A scientist whose research has been used by prominent climate science denialists Lord Matt Ridley and Rupert Murdoch to claim carbon dioxide is good for the planet has hit back at the “selective presentation” of his work.
Professor Ranga Myneni, of Boston University, has been researching satellite data showing how the extra carbon dioxide in the atmosphere from burning fossil fuels is contributing to increased plant growth across the planet.
In an article published in the Murdoch-owned The Times and reproduced in Murdoch’s The Australian, Ridley said 30 years of satellite data showed plant growth had risen by 14 per cent across the world.
I asked Lord Ridley on Twitter about the source for his satellite data and he pointed me to a 2013 presentation by Professor Myneni.
Myneni told DeSmog the presentation Lord Ridley had cited had not been peer reviewed and was “work in progress” but hoped it would appear as two scientific articles, one of which was in review at the journal Nature Climate Change.
He said his analysis of satellite data covering the last 30 years did show a 13 to 14 per cent increase in vegetation growth. He said some of this could be attributed to increased levels of carbon dioxide, but changes in the way land was management was also a factor.
Myneni, in Norway for a meeting of ecologists to discuss vegetation changes in remote regions, said “in the context of being good versus bad” he was “worried about how this work is being interpreted”.
He said Ridley’s story “suffers from selective presentation of facts” and would “not survive peer-review”.
If one were to interpret the greening of the Earth as a good or a positive development then one must also accept that the accompanying climate changes (global warming, for example) and its physical (sea level rise) and biotic impacts (polar bears) as bad or negative developments.

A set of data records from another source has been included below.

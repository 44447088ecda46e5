//! The command line: its commands, their files and their help.

ghost use Rattle.std.specs.Prelude.{◌≡◌, false, codes, IfOk};
ghost use Rattle.clap.specs.Words.{App, app_of, new_app, rule_of, with_rule, with_subcommand};
ghost use Rattle.clap.specs.declared.builder.command.Command.TheViews.{out-Command as fields_of};
ghost use Rattle.ssi_arguments.specs.Clauses.CommandLine.{file_rule, flag_rule, value_rule, with_version, with_texts, audit_app, order_app, script_app, serve_app, files_app, folder_app, seal_app, ssi_app};

use crate::help;
use crate::storage::Storage;
use clap::{Arg, ArgAction, Command};
use std::alloc::{AllocError, Global};

/// The command line of the program, with the form of `serve` that keeps what it does there.
pub fn command_line<'a>(alloc: Global, storage: Storage) -> Result<Command<'a>, AllocError>
    ensures { IfOk result (λ c. app_of c ≡ ssi_app storage) }
{
    let ssi = versioned(bare(alloc, "ssi", help::ABOUT, help::MORE));
    let ssi = with_command(ssi, audit(alloc))?;
    let ssi = with_command(ssi, order(alloc))?;
    let ssi = with_command(ssi, script(alloc))?;
    let ssi = with_command(ssi, serve(alloc, storage))?;
    with_command(ssi, seal(alloc))
}

/// Adds what was made, if there was memory to make it.
fn with_command<'a>(
    command: Command<'a>,
    made: Result<Command<'a>, AllocError>,
) -> Result<Command<'a>, AllocError>
    ensures { (app : App) → IfOk made.entry (λ one. app_of one ≡ app) → IfOk made.entry (λ one. (fields_of one).has_globals ≡ false)
        → IfOk result (λ c. app_of c ≡ with_subcommand (app_of command.entry) app.top) }
{
    command.subcommand(made?)
}

fn audit<'a>(alloc: Global) -> Result<Command<'a>, AllocError>
    ensures app { IfOk result (λ c. app_of c ≡ audit_app) }
    ensures local { IfOk result (λ c. (fields_of c).has_globals ≡ false) }
{
    let audit = bare(alloc, "audit", help::AUDIT, help::AUDIT_MORE);
    with_texts(alloc, audit, help::HISTORY, help::CERTIFICATE)
}

fn order<'a>(alloc: Global) -> Result<Command<'a>, AllocError>
    ensures app { IfOk result (λ c. app_of c ≡ order_app) }
    ensures local { IfOk result (λ c. (fields_of c).has_globals ≡ false) }
{
    let order = bare(alloc, "order", help::ORDER, help::ORDER_MORE);
    with_file(alloc, order, "HISTORY", help::HISTORY)
}

fn script<'a>(alloc: Global) -> Result<Command<'a>, AllocError>
    ensures app { IfOk result (λ c. app_of c ≡ script_app) }
    ensures local { IfOk result (λ c. (fields_of c).has_globals ≡ false) }
{
    let script = bare(alloc, "script", help::SCRIPT, help::SCRIPT_MORE);
    with_texts(alloc, script, help::NEW_HISTORY, help::NEW_CERTIFICATE)
}

fn serve<'a>(alloc: Global, storage: Storage) -> Result<Command<'a>, AllocError>
    ensures app { IfOk result (λ c. app_of c ≡ serve_app storage) }
    ensures local { IfOk result (λ c. (fields_of c).has_globals ≡ false) }
{
    match storage {
        Storage::Files => serve_with_files(alloc),
        Storage::Folder => serve_with_folder(alloc),
    }
}

fn seal<'a>(alloc: Global) -> Result<Command<'a>, AllocError>
    ensures app { IfOk result (λ c. app_of c ≡ seal_app) }
    ensures local { IfOk result (λ c. (fields_of c).has_globals ≡ false) }
{
    let seal = bare(alloc, "seal", help::SEAL, help::SEAL_MORE);
    with_file(alloc, seal, "DIR", help::SEALED)
}

// The option `--data` is here for the help: with it, `serve` has the other form.
fn serve_with_files<'a>(alloc: Global) -> Result<Command<'a>, AllocError>
    ensures app { IfOk result (λ c. app_of c ≡ files_app) }
    ensures local { IfOk result (λ c. (fields_of c).has_globals ≡ false) }
{
    let serve = bare(alloc, "serve", help::SERVE, help::SERVE_MORE);
    let serve = with_file(alloc, serve, "SOCKET", help::SOCKET)?;
    let serve = with_texts(alloc, serve, help::NEW_HISTORY, help::NEW_CERTIFICATE)?;
    let serve = with_flag(alloc, serve, "concurrent", help::CONCURRENT)?;
    let serve = with_flag(alloc, serve, "abort-on-close", help::ABORT_ON_CLOSE)?;
    with_data(alloc, serve, false)
}

fn serve_with_folder<'a>(alloc: Global) -> Result<Command<'a>, AllocError>
    ensures app { IfOk result (λ c. app_of c ≡ folder_app) }
    ensures local { IfOk result (λ c. (fields_of c).has_globals ≡ false) }
{
    let serve = bare(alloc, "serve", help::SERVE, help::KEEP_MORE);
    let serve = with_file(alloc, serve, "SOCKET", help::SOCKET)?;
    let serve = with_flag(alloc, serve, "abort-on-close", help::KEEP_ABORT_ON_CLOSE)?;
    let serve = with_flag(alloc, serve, "early", help::EARLY)?;
    let serve = with_segment(alloc, serve)?;
    let serve = with_idle(alloc, serve)?;
    with_data(alloc, serve, true)
}

/// A command without files.
fn bare<'a>(alloc: Global, name: &'a str, about: &'a str, more: &'a str) -> Command<'a>
    ensures app { app_of result ≡ new_app name.entry.now }
    ensures local { (fields_of result).has_globals ≡ false }
{
    Command::new(alloc, name).about(about).after_help(more)
}

/// Adds the option `--version`.
fn versioned(command: Command<'_>) -> Command<'_>
    ensures { app_of result ≡ with_version (app_of command.entry) }
{
    command.version(help::VERSION)
}

/// Adds the files of a history and a certificate, with their help.
fn with_texts<'a>(
    alloc: Global,
    command: Command<'a>,
    history: &'a str,
    certificate: &'a str,
) -> Result<Command<'a>, AllocError>
    ensures app { IfOk result (λ c. app_of c ≡ with_texts (app_of command.entry)) }
    ensures local { (fields_of command.entry).has_globals ≡ false → IfOk result (λ c. (fields_of c).has_globals ≡ false) }
{
    let command = with_file(alloc, command, "HISTORY", history)?;
    with_file(alloc, command, "CERTIFICATE", certificate)
}

fn with_file<'a>(
    alloc: Global,
    command: Command<'a>,
    name: &'a str,
    help: &'a str,
) -> Result<Command<'a>, AllocError>
    ensures app { IfOk result (λ c. app_of c ≡ with_rule (app_of command.entry) (file_rule name.entry.now)) }
    ensures local { (fields_of command.entry).has_globals ≡ false → IfOk result (λ c. (fields_of c).has_globals ≡ false) }
{
    command.arg(file(alloc, name, help))
}

fn with_flag<'a>(
    alloc: Global,
    command: Command<'a>,
    name: &'a str,
    help: &'a str,
) -> Result<Command<'a>, AllocError>
    ensures app { IfOk result (λ c. app_of c ≡ with_rule (app_of command.entry) (flag_rule name.entry.now)) }
    ensures local { (fields_of command.entry).has_globals ≡ false → IfOk result (λ c. (fields_of c).has_globals ≡ false) }
{
    command.arg(flag(alloc, name, help))
}

/// Adds the option `--segment`.
fn with_segment<'a>(alloc: Global, command: Command<'a>) -> Result<Command<'a>, AllocError>
    ensures app { IfOk result (λ c. app_of c ≡ with_rule (app_of command.entry) (value_rule (codes "segment") false)) }
    ensures local { (fields_of command.entry).has_globals ≡ false → IfOk result (λ c. (fields_of c).has_globals ≡ false) }
{
    command.arg(value(alloc, "segment", "BYTES", help::SEGMENT))
}

/// Adds the option `--idle`.
fn with_idle<'a>(alloc: Global, command: Command<'a>) -> Result<Command<'a>, AllocError>
    ensures app { IfOk result (λ c. app_of c ≡ with_rule (app_of command.entry) (value_rule (codes "idle") false)) }
    ensures local { (fields_of command.entry).has_globals ≡ false → IfOk result (λ c. (fields_of c).has_globals ≡ false) }
{
    command.arg(value(alloc, "idle", "SECONDS", help::IDLE))
}

/// Adds the option `--data`.
fn with_data<'a>(
    alloc: Global,
    command: Command<'a>,
    is_required: bool,
) -> Result<Command<'a>, AllocError>
    ensures app { IfOk result (λ c. app_of c ≡ with_rule (app_of command.entry) (value_rule (codes "data") is_required)) }
    ensures local { (fields_of command.entry).has_globals ≡ false → IfOk result (λ c. (fields_of c).has_globals ≡ false) }
{
    let data = value(alloc, "data", "DIR", help::DATA);
    command.arg(data.required(is_required))
}

fn file<'a>(alloc: Global, name: &'a str, help: &'a str) -> Arg<'a>
    ensures rule { rule_of result ≡ file_rule name.entry.now }
    ensures local { result.global ≡ false }
{
    Arg::new(alloc, name).help(help).required(true)
}

/// An option that is the name after two hyphens.
fn flag<'a>(alloc: Global, name: &'a str, help: &'a str) -> Arg<'a>
    ensures rule { rule_of result ≡ flag_rule name.entry.now }
    ensures local { result.global ≡ false }
{
    Arg::new(alloc, name)
        .long(name)
        .action(ArgAction::SetTrue)
        .help(help)
}

/// An option that is the name after two hyphens, with a value.
fn value<'a>(alloc: Global, name: &'a str, value_name: &'a str, help: &'a str) -> Arg<'a>
    ensures rule { rule_of result ≡ value_rule name.entry.now false }
    ensures local { result.global ≡ false }
{
    Arg::new(alloc, name)
        .long(name)
        .value_name(value_name)
        .help(help)
}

Again, in my opinion, this benefit of greening is not worth price of all the negative changes.
Humans are one amongst many species on Earth and we have no right conducting such experiments that affect all forms of life – it is simply indecent, deeply vulgar and inhuman (you can choose any adjective).
This is not the first time that Ridley has cited Myneni’s work. He first did so in a January 2013 column in the Wall Street Journal, prompting Murdoch himself to tell his Twitter followers that the satellite data showed the planet was “growing greener with increased carbon.”

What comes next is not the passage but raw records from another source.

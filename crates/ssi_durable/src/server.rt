//! A store that many connections use, with a log of the lines that it has carried out.

ghost use Rattle.std.specs.Prelude.{◌≡◌, ℕ, List, [], ◌∷◌, ◌++◌, None, Some, true, false, IfOk, OnOk, OnErr, IfErr, IfSome, IfNone, MatchResult, MatchOption, if◌then◌else◌, is_some, not, ◌&&◌, nat_eq, nat_le, nat_lt, length, map, min, take, drop, codes, option_map};
ghost use Rattle.std.specs.List.{starts_with};
ghost use Rattle.adya_keys.specs.Meaning.Keys.{Bytes};
ghost use Rattle.adya_line.specs.Meaning.Lines.{IsPlain};
ghost use Rattle.adya_values.specs.Mirror.Events.{final_of};
ghost use Rattle.ssi_store.specs.Meaning.Contents.{contents_after};
ghost use Rattle.ssi_store.specs.Meaning.Courses.{Course, txn_in};
ghost use Rattle.ssi_hub.specs.Clauses.Calls.{Call, Opened, Received, Wrote, Closed, with_call};
ghost use Rattle.ssi_hub.specs.Clauses.Buffers.{Buffers, with_received, with_written};
ghost use Rattle.ssi_hub.specs.Clauses.Clipping.{has_line};
ghost use Rattle.ssi_hub.specs.Clauses.Stepping.{may_step};
ghost use Rattle.ssi_hub.specs.Mirror.{buffers_of, next_token, is_stopped, Changed, IsSame};
ghost use Rattle.ssi_log.specs.Meaning.Texts.{text_of};
ghost use Rattle.ssi_log.specs.Machinery.Standing.{disk_of, end_of};
ghost use Rattle.ssi_durable.specs.Meaning.Lines.{whole_lines};
ghost use Rattle.ssi_durable.specs.Meaning.Logs.{logged};
ghost use Rattle.ssi_durable.specs.Clauses.Journals.{HasAll, is_full};
ghost use Rattle.ssi_durable.specs.Clauses.Recovery.{IsReplayed};
ghost use Rattle.ssi_durable.specs.Clauses.Holding.{is_early};
ghost use Rattle.ssi_durable.specs.Clauses.Serving.{Began, begun_next, from_start};
ghost use Rattle.ssi_durable.specs.Mirror.Holds.{HasHeld, all_wait, held_len};
ghost use Rattle.ssi_durable.specs.Mirror.Journals.{HasRoom};
ghost use Rattle.ssi_durable.specs.Machinery.Noting.{noted};
ghost use Rattle.ssi_durable.specs.Clauses.Counts.{HasVersions, commits_with, is_counted};

use crate::Release;
use crate::buffer::Noted;
use crate::holds::Holds;
use crate::journal::{Journal, is_full};
use adya_values::FinalPair;
use sqlite_disk::Disk;
use ssi_hub::{CarriedLine, Hub};
use ssi_line::ProtocolStore;
use ssi_line::laws::commands_are_words;
use ssi_log::{Log, LogFault};
use ssi_store::{Command, Reply, Session};
use std::alloc::{AllocError, Global};

/// Connections that use one store at once, and the log of the lines that it has carried out. A reply is given out only once
/// all lines before it that count are on the disk; with [`Release::Early`] this is so of `committed` alone.
#[derive(Drop)]
pub struct Server<S: Drop, D: Disk> {
    hub: Hub,
    store: S,
    journal: Journal<D>,
    noted: Noted,
    release: Release,
    // which replies wait, if not all do
    holds: Holds,
    // how many lines that count were those of a `commit`, since the server was made
    commits: u64,
}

Ridley, who earns undisclosed but likely substantial money from coal mining on his family’s estate, also cited Myneni’s work in an October 2013 story in The Spectator.

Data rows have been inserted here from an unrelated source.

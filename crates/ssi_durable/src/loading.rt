//! The first lines of a new segment.

ghost use Rattle.std.specs.Prelude.{◌≡◌, ◌≤◌, List, ℕ, OnOk, IfErr};
ghost use Rattle.std.specs.List.{All};
ghost use Rattle.adya_line.specs.Meaning.Lines.{IsPlain};
ghost use Rattle.adya_text.specs.Meaning.Texts.{with_ends};
ghost use Rattle.ssi_store.specs.Meaning.Courses.{New};
ghost use Rattle.ssi_log.specs.Meaning.Texts.{HasNoZero};
ghost use Rattle.ssi_log.specs.Machinery.Standing.{room_of};
ghost use Rattle.ssi_durable.specs.Clauses.Journals.{HasAll};
ghost use Rattle.ssi_durable.specs.Clauses.Recovery.{IsReplayed, LoadFails};

use crate::RecoveryFault;
use crate::replaying::replay;
use sqlite_disk::Disk;
use ssi_log::Log;
use ssi_store::AnyStore;

/// Carries out the lines of this text, the first ones of a new segment, on a new store, and writes them to the log, whose file
/// is empty. All of them are on the disk then, and there is room for so many bytes more.
///
/// After `Replay` the file is as it was. `Resume` if it can't be written: then it is of no use any more. `Read` never comes.
pub fn load<S: AnyStore, D: Disk>(
    store: &mut S,
    log: &mut Log<D>,
    number: u32,
    text: &[u8],
    ahead: usize,
) -> Result<(), RecoveryFault>
    ensures loaded { (lines : List (List ℕ)) → All IsPlain lines → text.now ≡ with_ends lines → HasNoZero text.now
        → S.is_at store.old (New 1)
        → OnOk result (IsReplayed S.is_at number lines store.new × HasAll log.new lines) }
    ensures room { OnOk result (ahead ≤ room_of log.new) }
    ensures fault { S.is_at store.old (New 1) → IfErr result (LoadFails log.old log.new number text.now ahead) }
{
    if let Err(fault) = replay(store, number, text) {
        return Err(RecoveryFault::Replay(fault));
    }
    if let Err(fault) = log.resume(text, ahead) {
        return Err(RecoveryFault::Resume(fault));
    }
    Ok(())
}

Ridley’s article in The Times also promoted a report written by Dr Indur Goklany and published by the climate science denialist lobby group the Global Warming Policy Foundation.
The report, titled Carbon Dioxide: The good news, makes a number of claims about the supposed benefits of adding carbon dioxide to the atmosphere while dismissing the well documented impacts, including rising temperature extremes, sea level rise and damage to ocean ecosystems.
Like Ridley, Goklany is a member of the GWPF’s academic advisory council.
Ridley claimed the report was “was thoroughly peer reviewed” which would usually be taken to mean that independent scientists had looked at the manuscript.
But through tweets from the official GWPF account and Professor Ross McKitrick, the chair of the GWPF’s advisory council, it appears that instead the document was sent around to other GWPF members for review.
McKitrick said Goklany’s report was “a survey of findings previously published in peer-reviewed scientific journals”. However, Goklany’s report includes references to the work of another climate science denialist, Craig Idso.
The same Idso report was cited heavily by a 2014 coal industry report that also argued that extra CO2 in the atmosphere would be good for plants and crops.
The GWPF report says Goklany has previously been an “IPCC reviewer” and is an “independent scientist”. The report does not mention that Goklany has long associations with several conservative think tanks that have worked to promote climate science denial, including the Heartland Institute.
Leaked internal documents from Heartland listed Goklany as receiving $1000 per month for work on its “alternative” Nongovernmental International Panel on Climate Change reports.
Ridley’s column in The Times also promoted the views of denialist Patrick Moore, who delivered the GWF’s annual lecture earlier this month. Moore is not a climate scientist but has claimed there is “no scientific proof” that humans are causing global warming.